Each statement you make should assert something. There are
syntactic constructs which occur at all levels of mathematical
arguments. These include "there exists", "for all", `"such that",
"implies", etc. These phrases are the glue.
You must make sure that what you glue together are well
specified and unambiguous statements, with each variable quantified.
For example,
The last equation implies that there can be a value x such that
blah blah blah...
is not meaningful -... what does "can be a value" mean?
Either such an x exists, or it does not. Either you have
shown that such an x xists, or you haven't. Which is the case?
Does blah blah blah hold for every x?
- Interspersed with a proof you may
(and if the proof is at all nontrivial, you must provide intuitions
helping the reader understand your proof. This is the documentation.
Be sure however that your proof can stand alone and is both meaningful
and correct without the documentation and intuition.
- Make sure your proof or solution is correct for ``boundary'' conditions.
(For example, what if the set A is empty? or if x = 0 you don't
want to divide by x.) You may have to handle these cases; separately.
Some of the guidelines above are not intended as a curse, but rather
as a blessing: You will often discover in the process of developing
a careful and complete explanation that your tentative answer was
wrong. (I never learn anything well until I teach it.)
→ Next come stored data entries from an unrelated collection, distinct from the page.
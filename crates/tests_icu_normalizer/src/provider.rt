//! Data from a provider, and in which order what is wrong is named.

use icu_normalizer_core::builder::CanonicalDataBuildError;
use icu_normalizer_core::canonical::{CanonicalBorrowed, CanonicalDataError, CanonicalFault};
use icu_normalizer_core::properties::{
    CanonicalCombiningClassMap, CanonicalCombiningClassMapBorrowed, CanonicalComposition,
    CanonicalCompositionBorrowed, CanonicalDecomposition, CanonicalDecompositionBorrowed,
    Decomposed, combining_class, shape_compose, shape_decompose,
};
use icu_normalizer_core::provider::{DataError, TableName, load_canonical_data};
use samples_icu_normalizer::held::{Held, letters, provider_of};
use samples_icu_normalizer::tables::{PAIRS, STEPS, tables};
use std::alloc::Global;

/// Numbers of code points, and their classes.
const CLASSES: [(u32, u8); 7] = [
    (0x301, 230),
    (0x323, 220),
    (0xe1, 0),
    (0x344, 230),
    (0x309a, 8),
    (0xd800, 0),
    (0x11_0000, 0),
];

/// Whether a character's class is this, by each call.
fn is_class(classes: CanonicalCombiningClassMapBorrowed<'_>, c: char, class: u8) -> bool {
    classes.get(c) == class && classes.get_u8(c) == class && combining_class(classes, c) == class
}

/// Whether a number's class is, and so its character's, where it is that of one.
fn has_class(classes: CanonicalCombiningClassMapBorrowed<'_>, number: u32, class: u8) -> bool {
    classes.get32(number) == class
        && classes.get32_u8(number) == class
        && match char::from_u32(number) {
            Some(c) => is_class(classes, c, class),
            None => true,
        }
}

// What these letters' classes are.
fn has_classes(classes: CanonicalCombiningClassMapBorrowed<'_>) -> bool {
    for (number, class) in CLASSES {
        if !has_class(classes, number, class) {
            return false;
        }
    }
    true
}

/// Two characters, and what they compose to by the tables.
const COMPOSED: [(char, char, Option<char>); 4] = [
    ('a', '\u{308}', Some('ä')),
    ('b', '\u{308}', None),
    ('\u{308}', '\u{301}', None),
    ('\u{1100}', '\u{1161}', Some('\u{AC00}')),
];

/// Whether two characters compose to this.
fn composes(
    composition: CanonicalCompositionBorrowed<'_>,
    (first, second, composed): (char, char, Option<char>),
) -> bool {
    composition.compose(first, second) == composed
}

/// Whether they do as a shaper asks.
fn shapes_to(
    composition: CanonicalCompositionBorrowed<'_>,
    (first, second, composed): (char, char, Option<char>),
) -> bool {
    shape_compose(composition, first, second) == composed
}

// What they compose to.
fn has_pairs(composition: CanonicalCompositionBorrowed<'_>) -> bool {
    for row in COMPOSED {
        if !composes(composition, row) {
            return false;
        }
    }
    shapes_to(composition, ('\u{AC00}', '\u{11A8}', Some('\u{AC01}')))
}

/// Whether a character is mapped to this.
fn is_mapped(decomposition: CanonicalDecompositionBorrowed<'_>, c: char, to: Decomposed) -> bool {
    decomposition.decompose(c) == to
}

/// Whether it is as a shaper asks.
fn shapes_from(
    decomposition: CanonicalDecompositionBorrowed<'_>,
    c: char,
    to: Option<(char, char)>,
) -> bool {
    shape_decompose(decomposition, c) == to
}

// What they are mapped to.
fn has_mappings(decomposition: CanonicalDecompositionBorrowed<'_>) -> bool {
    is_mapped(decomposition, 'a', Decomposed::Default)
        && is_mapped(decomposition, '\u{340}', Decomposed::Singleton('\u{300}'))
        && is_mapped(decomposition, 'á', Decomposed::Expansion('a', '\u{301}'))
        && shapes_from(decomposition, 'a', None)
        && shapes_from(decomposition, '\u{340}', Some(('\u{300}', '\0')))
        && shapes_from(decomposition, '\u{AC01}', Some(('\u{AC00}', '\u{11A8}')))
}

/// Whether these are left of a character.
fn is_full_list(canonical: CanonicalBorrowed<'_>, c: char, left: &[char]) -> bool {
    let mut list = canonical.full_list(c);
    for wanted in left {
        if list.next() != Some(*wanted) {
            return false;
        }
    }
    list.next().is_none()
}

/// Whether a character is a starter, or is not.
fn starts(canonical: CanonicalBorrowed<'_>, c: char, expected: bool) -> bool {
    canonical.is_starter(c) == expected
}

// What is left of them.
fn has_full_lists(canonical: CanonicalBorrowed<'_>) -> bool {
    is_full_list(canonical, 'ạ', &['a', '\u{323}'])
        && is_full_list(canonical, '\u{344}', &['\u{308}', '\u{301}'])
        && starts(canonical, 'a', true)
        && starts(canonical, '\u{323}', false)
}

/// Whether a provider's classes are these letters'.
fn gives_classes(alloc: Global, held: &Held<'_>) -> bool {
    match CanonicalCombiningClassMap::try_new_unstable(alloc, held) {
        Ok(loaded) => has_classes(loaded.as_borrowed()),
        Err(_) => false,
    }
}

/// Whether those of the letters are.
fn letters_give_classes(alloc: Global) -> bool {
    match letters(alloc) {
        Some(held) => gives_classes(alloc, &held),
        None => false,
    }
}

#[test]
fn ok_try_new_unstable_of_classes(rt: HostRuntime) {
    assert!(rt; letters_give_classes(rt.alloc()));
}

/// Whether its pairs are.
fn gives_pairs(alloc: Global, held: &Held<'_>) -> bool {
    match CanonicalComposition::try_new_unstable(alloc, held) {
        Ok(loaded) => has_pairs(loaded.as_borrowed()),
        Err(_) => false,
    }
}

/// Whether those of the letters are.
fn letters_give_pairs(alloc: Global) -> bool {
    match letters(alloc) {
        Some(held) => gives_pairs(alloc, &held),
        None => false,
    }
}

#[test]
fn ok_try_new_unstable_of_pairs(rt: HostRuntime) {
    assert!(rt; letters_give_pairs(rt.alloc()));
}

/// Whether its mappings are.
fn gives_mappings(alloc: Global, held: &Held<'_>) -> bool {
    match CanonicalDecomposition::try_new_unstable(alloc, held) {
        Ok(loaded) => has_mappings(loaded.as_borrowed()),
        Err(_) => false,
    }
}

/// Whether those of the letters are.
fn letters_give_mappings(alloc: Global) -> bool {
    match letters(alloc) {
        Some(held) => gives_mappings(alloc, &held),
        None => false,
    }
}

#[test]
fn ok_try_new_unstable_of_mappings(rt: HostRuntime) {
    assert!(rt; letters_give_mappings(rt.alloc()));
}

/// Whether its full lists are.
fn gives_full_lists(alloc: Global, held: &Held<'_>) -> bool {
    match load_canonical_data(alloc, held) {
        Ok(loaded) => has_full_lists(loaded.as_borrowed()),
        Err(_) => false,
    }
}

/// Whether those of the letters are.
fn letters_give_full_lists(alloc: Global) -> bool {
    match letters(alloc) {
        Some(held) => gives_full_lists(alloc, &held),
        None => false,
    }
}

#[test]
fn ok_load_canonical_data(rt: HostRuntime) {
    assert!(rt; letters_give_full_lists(rt.alloc()));
}

/// Why there are no composed pairs of a provider.
fn refusal(alloc: Global, held: &Held<'_>) -> Option<DataError> {
    CanonicalComposition::try_new_unstable(alloc, held).err()
}

/// The same of one whose word of U+0300 says nothing, where it lacks some tables.
fn refusal_without(
    alloc: Global,
    lacks_words: bool,
    lacks_lists: bool,
    lacks_pairs: bool,
) -> Option<DataError> {
    let mut held = provider_of(tables(alloc, &[(0x300, 0)], &STEPS, &PAIRS)?);
    held.lacks_words = lacks_words;
    held.lacks_lists = lacks_lists;
    held.lacks_pairs = lacks_pairs;
    refusal(alloc, &held)
}

// Loads come first, in their order, then the check: U+0300 has a built-in class, and its word doesn't say it.
#[test]
fn refusals_in_order(rt: HostRuntime) {
    let alloc = rt.alloc();
    let words = DataError::Missing(TableName::Nfd);
    let lists = DataError::Missing(TableName::NfdTables);
    let pairs = DataError::Missing(TableName::Pairs);
    let check = DataError::Canonical(CanonicalFault::BuiltIn('\u{300}'));
    assert!(rt; refusal_without(alloc, true, true, true) == Some(words));
    assert!(rt; refusal_without(alloc, false, true, true) == Some(lists));
    assert!(rt; refusal_without(alloc, false, false, true) == Some(pairs));
    assert!(rt; refusal_without(alloc, false, false, false) == Some(check));
}

/// Whether an error is shown as this.
fn is_shown(alloc: Global, error: DataError, text: &str) -> bool {
    match format!(in alloc; "{error}") {
        Ok(shown) => shown.as_str() == text,
        Err(_) => false,
    }
}

/// Whether two errors of canonical tables are shown as this.
fn are_shown(
    alloc: Global,
    fault: CanonicalDataError,
    rules: CanonicalDataBuildError,
    text: &str,
) -> bool {
    match format!(in alloc; "{fault}, {rules}") {
        Ok(shown) => shown.as_str() == text,
        Err(_) => false,
    }
}

#[test]
fn refusals_print(rt: HostRuntime) {
    let alloc = rt.alloc();
    let check = DataError::Canonical(CanonicalFault::BuiltIn('\u{300}'));
    let missing = DataError::Missing(TableName::NfkdTables);
    assert!(rt; is_shown(alloc, check, "bad built-in at 300"));
    assert!(rt; is_shown(alloc, missing, "no table nfkd_tables"));
    let fault = CanonicalDataError::Fault(CanonicalFault::BadValue('\u{e1}'));
    let text = "bad value at E1, a rule of canonical data is broken";
    assert!(rt; are_shown(alloc, fault, CanonicalDataBuildError::Rules, text));
}
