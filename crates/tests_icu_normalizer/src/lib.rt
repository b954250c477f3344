//! Tests of characters with their canonical and compatibility data, of normal forms and of the mapper of domain names, by
//! public calls. They stand here so that the crates below are proved once.
#![tactic(auto)]

#[cfg(test)]
mod builder;
#[cfg(test)]
mod calls;
#[cfg(test)]
mod canonical;
#[cfg(test)]
mod chains;
#[cfg(test)]
mod classed;
#[cfg(test)]
mod compatibility;
#[cfg(test)]
mod compatibility_data;
#[cfg(test)]
mod damaged;
#[cfg(test)]
mod decoding;
#[cfg(test)]
mod encoded;
#[cfg(test)]
mod encodings;
#[cfg(test)]
mod forms;
#[cfg(test)]
mod given;
#[cfg(test)]
mod loads;
#[cfg(test)]
mod long;
#[cfg(test)]
mod mapper;
#[cfg(test)]
mod provider;
#[cfg(test)]
mod refusals;
#[cfg(test)]
mod repeats;
#[cfg(test)]
mod runs;
#[cfg(test)]
mod sinks;
#[cfg(test)]
mod steady;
Moreover, if you make a mistake, the graders/TAs have to know what
your reasoning was in order to help you by pointing out the flaw
(and awarding partial credit).
The more clearly you express yourself, the easier and fairer the grading is.
This doesn't mean though that you should belabor the obvious to
convince us that you understand it. On the other hand, the ability to
judge what is "obvious" and can be safely glossed over and what is not
is a skill that only comes with experience.
(Also, if you are long-winded and verbose about something,
then it is usually an indication that you are unsure about it.)
Solutions to the homeworks will be distributed, which you should use to
get an idea of the general style and amount of detail that is expected.
After a couple of homework sets, you'll have a pretty good idea of how
to go about writing up your answers.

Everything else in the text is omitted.